Capture/playback tools use applications at the client that can record actual user interactions and then replay them against the server to measure response times. By deploying these agents at multiple locations, a manager can obtain continuous measurements without depending on actual user interactions. The advantage is that a capture/playback tool delivers information about real transactions at whatever interval is chosen, and this information can be carefully tailored to match real business needs.
However, since they are real transactions, they load up the network and host the same way, and the information they deliver must be balanced against this impact. In addition, the playback scenarios must be updated every time an application is added or changed.
Internet Service Offerings
Seeing how labor-intensive many forms of application performance monitoring are, it's no surprise that, according to the Gartner Group, some 30% of this market is now handled by service providers. This is most commonly done via some form of client simulation, as in the case of Keynote Systems, which uses a wide network of clients throughout the Internet to monitor the performance of web sites over a variety of metrics.
The independent auditing of site performance such a service provides is one of its greatest strengths: it yields a consistent, constantly available measure of performance that can help benchmark a company's systems against its competitors. And offloading the management burden of performance monitoring leaves managers more time for more critical business tasks.
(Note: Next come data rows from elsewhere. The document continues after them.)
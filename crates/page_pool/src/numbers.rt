ghost use Rattle.std.specs.Prelude.{◌≡◌, Some, false, IfSome, OnOk, OnErr};
ghost use Rattle.std.specs.FinSet as set;
ghost use Rattle.page_pool.specs.Inside.{TakesNumber};

use sand_base::NoMemory;
use std::alloc::Global;
use std::marker::Model;

/// The numbers of freed pages, of which the first `left` are given again, and the greatest number given so far.
#[derive(Drop)]
pub(crate) struct Numbers {
    free: Vec<u64>,
    left: usize,
    top: u64,
    past_top: u64,
}

impl Model for Numbers {
    ghost use Rattle.std.specs.Prelude.{◌≤◌, take, length, nat_eq};
    ghost use Rattle.std.specs.List.{IsDistinct};
    ghost use Rattle.std.specs.FinSet as set;
    ghost use Rattle.page_pool.specs.Inside.{NumbersState, numbers_code, next_number};

    ghost Value = { NumbersState };

    ghost coded = { numbers_code };

    ghost view = { λ a. record {
      next = next_number (take a.left a.free.items) a.top;
      top = a.top;
      spare = set.from_list (take a.left a.free.items);
      past_top = a.past_top;
      past_spare = set.from_list a.free.items;
    } };

    ghost invariant = { λ a. (a.left ≤ length a.free.items) × IsDistinct nat_eq a.free.items };
}

impl Numbers {
    pub(crate) fn new(alloc: Global) -> Numbers
        ensures { result ≡ record { next = Some 1; top = 0; spare = set.empty; past_top = 0; past_spare = set.empty } }
    {
        Numbers {
            free: Vec::new(alloc),
            left: 0,
            top: 0,
            past_top: 0,
        }
    }

    // The greatest number given so far.
    pub(crate) fn top(&self) -> u64
        ensures { result ≡ self.now.top }
    {
        self.top
    }

    // The number that `take` gives: a freed one where one waits, and else the next above all. None at the end.
    pub(crate) fn next(&self) -> Option<u64>
        ensures { result ≡ self.now.next }
    {
        match self.free[..self.left].last() {
            Some(n) => Some(*n),
            None => self.top.checked_add(1),
        }
    }

    // Takes the number that `next` gives.
    pub(crate) fn take(&mut self)
        ensures { IfSome self.old.next (TakesNumber self.old self.new) }
    {
        if self.left > 0 {
            self.left -= 1;
        } else {
            self.top = self.top.saturating_add(1);
        }
    }

    // What was taken stays taken.
    pub(crate) fn settle(&mut self)
        ensures { self.new ≡ record self.old { past_top = self.old.top; past_spare = self.old.spare } }
    {
        self.free.truncate(self.left);
        self.past_top = self.top;
    }

    // What was taken is there again.
    pub(crate) fn restore(&mut self)
        ensures top { self.new.top ≡ self.old.past_top }
        ensures spare { self.new.spare ≡ self.old.past_spare }
    {
        self.left = self.free.len();
        self.top = self.past_top;
    }

    // The number of a page that was freed is given again.
    pub(crate) fn add(&mut self, n: u64) -> Result<(), NoMemory>
        requires { set.contains self.old.spare n ≡ false }
        ensures top { self.new.top ≡ self.old.top }
        ensures spare { OnOk result (self.new.spare ≡ set.insert self.old.spare n) }
        ensures unchanged { OnErr result (self.new.spare ≡ self.old.spare) }
    {
        self.settle();
        self.free.push(n)?;
        self.left = self.free.len();
        Ok(())
    }
}
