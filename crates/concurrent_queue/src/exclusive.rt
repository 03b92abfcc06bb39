//! A queue of one owner, a deque. The owner alone calls it, by `&mut`, so its contracts state each reply and each content exactly. The
//! invariant: a bounded one holds no more messages than its capacity.
//!
//! # Extensions
//!
//! All of this module.

use crate::bounded::GREATEST;
use crate::error::{ForcePushError, NoMemory, PopError, PushError};
use std::alloc::Global;
use std::collections::VecDeque;
use std::marker::Model;

/// A queue of one owner, which can be closed. None of its calls waits.
#[derive(Drop)]
pub struct Exclusive<T> {
    messages: VecDeque<T>,
    capacity: Option<usize>,
    closed: bool,
}

impl<T> Model for Exclusive<T> {
    ghost use Rattle.std.specs.Prelude.{ℕ, ◌≡◌, ◌<◌, ◌≤◌, Some, length};
    ghost use Rattle.std.specs.VecDeque.{deque_capacity};
    ghost use Rattle.concurrent_queue.specs.Alone.{Held};

    ghost Value = { Held T };

    ghost view = { λ q. record { items = q.messages.items; closed = q.closed; capacity = q.capacity } };

    ghost invariant = { λ q. (cap : ℕ) → q.capacity ≡ Some cap → (0 < cap) × (length q.messages.items ≤ cap) × (cap ≤ deque_capacity q.messages) };
}

impl<T: Drop> Exclusive<T> {
    ghost use Rattle.std.specs.Prelude.{IfOk, IfErr, IsOk, ◌≡◌, ◌==◌, ◌<◌, ◌≤◌, ◌^◌, ◌∷◌, ◌++◌, ℕ, List, [], Some, None, true, false, not, length};
    ghost use Rattle.concurrent_queue.specs.Alone.{PushGives, ForceGives, PopGives, is_full, shut};
    ghost use Rattle.concurrent_queue.specs.Room.{HasPlace};

    /// An open empty queue that holds at most `capacity` messages. `Err` if there is no memory for them, which is not even asked for above
    /// 2^58.
    pub fn bounded(alloc: Global, capacity: usize) -> Result<Exclusive<T>, NoMemory>
        requires { 0 < capacity }
        ensures opened { IfOk result (λ q. q ≡ record { items = []; closed = false; capacity = Some capacity }) }
        ensures most { IfOk result (λ q. capacity ≤ 2 ^ 58) }
    {
        if GREATEST < capacity {
            return Err(NoMemory);
        }
        match VecDeque::with_capacity(alloc, capacity) {
            Ok(messages) => Ok(Exclusive {
                messages,
                capacity: Some(capacity),
                closed: false,
            }),
            Err(_) => Err(NoMemory),
        }
    }

    /// An open empty queue with no bound. It takes no memory until messages come.
    pub fn unbounded(alloc: Global) -> Exclusive<T>
        ensures { result ≡ record { items = []; closed = false; capacity = None } }
    {
        Exclusive {
            messages: VecDeque::new(alloc),
            capacity: None,
            closed: false,
        }
    }

    /// Appends the message. `Err` returns it and leaves the queue as it was: `Full`, `Closed`, or `NoMemory`, which only an open queue with
    /// no bound answers. Where `HasPlace` of `specs/Room` holds the push succeeds: the queue has a bound, is open, and holds fewer messages
    /// than fit.
    #[inline]
    pub fn push(&mut self, value: T) -> Result<(), PushError<T>>
        ensures answer { PushGives self.old value self.new result }
        ensures appended { IfOk result (λ u. self.new.items ≡ self.old.items ++ value ∷ []) }
        ensures unchanged { IfErr result (λ e. self.new ≡ self.old) }
        ensures succeeds { HasPlace self.old → IsOk result }
    {
        if self.closed {
            return Err(PushError::Closed(value));
        }
        if self.is_full() {
            return Err(PushError::Full(value));
        }
        match self.messages.push_back(value) {
            Ok(()) => Ok(()),
            Err(refused) => Err(PushError::NoMemory(refused.value)),
        }
    }

    /// Appends the message; if the queue is full, removes and returns the oldest one. `Err` returns the message and leaves the queue as it
    /// was: `Closed`, or `NoMemory`, which only an open queue with no bound answers.
    pub fn force_push(&mut self, value: T) -> Result<Option<T>, ForcePushError<T>>
        ensures { ForceGives self.old value self.new result }
    {
        if self.closed {
            return Err(ForcePushError::Closed(value));
        }
        if self.is_full() {
            let oldest = self.messages.pop_front();
            self.messages.push_back_reserved(value);
            return Ok(oldest);
        }
        match self.messages.push_back(value) {
            Ok(()) => Ok(None),
            Err(refused) => Err(ForcePushError::NoMemory(refused.value)),
        }
    }

    /// Removes the oldest message. `Err` if there is none: `Empty` while the queue is open, `Closed` once it is closed.
    #[inline]
    pub fn pop(&mut self) -> Result<T, PopError>
        ensures answer { PopGives self.old self.new result }
        ensures taken { IfOk result (λ v. self.old.items ≡ v ∷ self.new.items) }
        ensures unchanged { IfErr result (λ e. self.new ≡ self.old) }
        ensures succeeds { 0 < length self.old.items → IsOk result }
    {
        match self.messages.pop_front() {
            Some(value) => Ok(value),
            None if self.closed => Err(PopError::Closed),
            None => Err(PopError::Empty),
        }
    }

    /// Closes the queue: nothing more comes in, and what is in can still be popped. True if it was open.
    pub fn close(&mut self) -> bool
        ensures answer { result ≡ not self.old.closed }
        ensures left { self.new ≡ shut self.old }
    {
        let was_open = !self.closed;
        self.closed = true;
        was_open
    }

    /// Whether the queue is closed.
    pub fn is_closed(&mut self) -> bool
        ensures answer { result ≡ self.old.closed }
        ensures left { self.new ≡ self.old }
    {
        self.closed
    }

    /// Whether it holds no message.
    pub fn is_empty(&mut self) -> bool
        ensures answer { result ≡ (length self.old.items == 0) }
        ensures left { self.new ≡ self.old }
    {
        self.messages.is_empty()
    }

    /// Whether it holds as many messages as its capacity.
    #[inline]
    pub fn is_full(&mut self) -> bool
        ensures answer { result ≡ is_full self.old }
        ensures left { self.new ≡ self.old }
    {
        match self.capacity {
            Some(capacity) => self.messages.len() == capacity,
            None => false,
        }
    }

    /// How many messages it holds, never more than its capacity.
    pub fn len(&mut self) -> usize
        ensures answer { result ≡ length self.old.items }
        ensures within { (cap : ℕ) → self.old.capacity ≡ Some cap → result ≤ cap }
        ensures left { self.new ≡ self.old }
    {
        self.messages.len()
    }

    /// How many messages it can hold.
    pub fn capacity(&mut self) -> Option<usize>
        ensures answer { result ≡ self.old.capacity }
        ensures left { self.new ≡ self.old }
    {
        self.capacity
    }
}

/// The messages of a queue of one owner, oldest first. Each one leaves the queue when it is returned; the others stay if the iterator is
/// dropped.
#[derive(Drop)]
pub struct ExclusiveIter<'a, T> {
    queue: &'a mut Exclusive<T>,
}

impl<'a, T: Drop> Iterator for ExclusiveIter<'a, T> {
    type Item = T;

    ghost use Rattle.std.specs.Prelude.{length};
    ghost use Rattle.std.specs.Iterator.{at_most};
    ghost use Rattle.concurrent_queue.specs.Walk.{walked, WalksOn};

    ghost next_gives = { WalksOn };

    ghost remaining = { λ s. at_most (length (walked s).now.items) };

    fn next(&mut self) -> Option<T> {
        self.queue.pop().ok()
    }
}

impl<T: Drop> Exclusive<T> {
    ghost use Rattle.std.specs.Prelude.{◌≡◌};
    ghost use Rattle.concurrent_queue.specs.Walk.{walked};

    /// The messages, oldest first, each of which leaves the queue when it is returned. The queue is unchanged until a message is asked for.
    pub fn try_iter(&mut self) -> ExclusiveIter<'_, T>
        ensures same_queue { (walked result).ghost_name ≡ self.entry.ghost_name }
        ensures unchanged { (walked result).now ≡ self.old }
    {
        // The walk has the ghost name of this borrow, so a caller can prove that a walk dropped unread changed nothing.
        ExclusiveIter { queue: self }
    }
}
These service providers constantly upgrade their capabilities and can offer surprisingly granular insight into application performance--for a price.
However, these services, unless highly customized (and therefore expensive) tend to offer a one-size-fits all approach that is most useful for comparison against similar sites but does not fit a business profile as closely as the other approaches outlined above. At the low end these services will not deliver the highly granular information that many businesses need. In addition, it is easy for web sites to optimize their sites for the client, making the metrics less useful because they're less representative of real user experiences. Related to this problem is the placement of clients: in many cases they are in ISP Points of Presence (POPs), connected via 10 Mbps Ethernet. While still useful for comparison, this is not exactly representative of the general user experience, even at businesses with broadband Internet connections.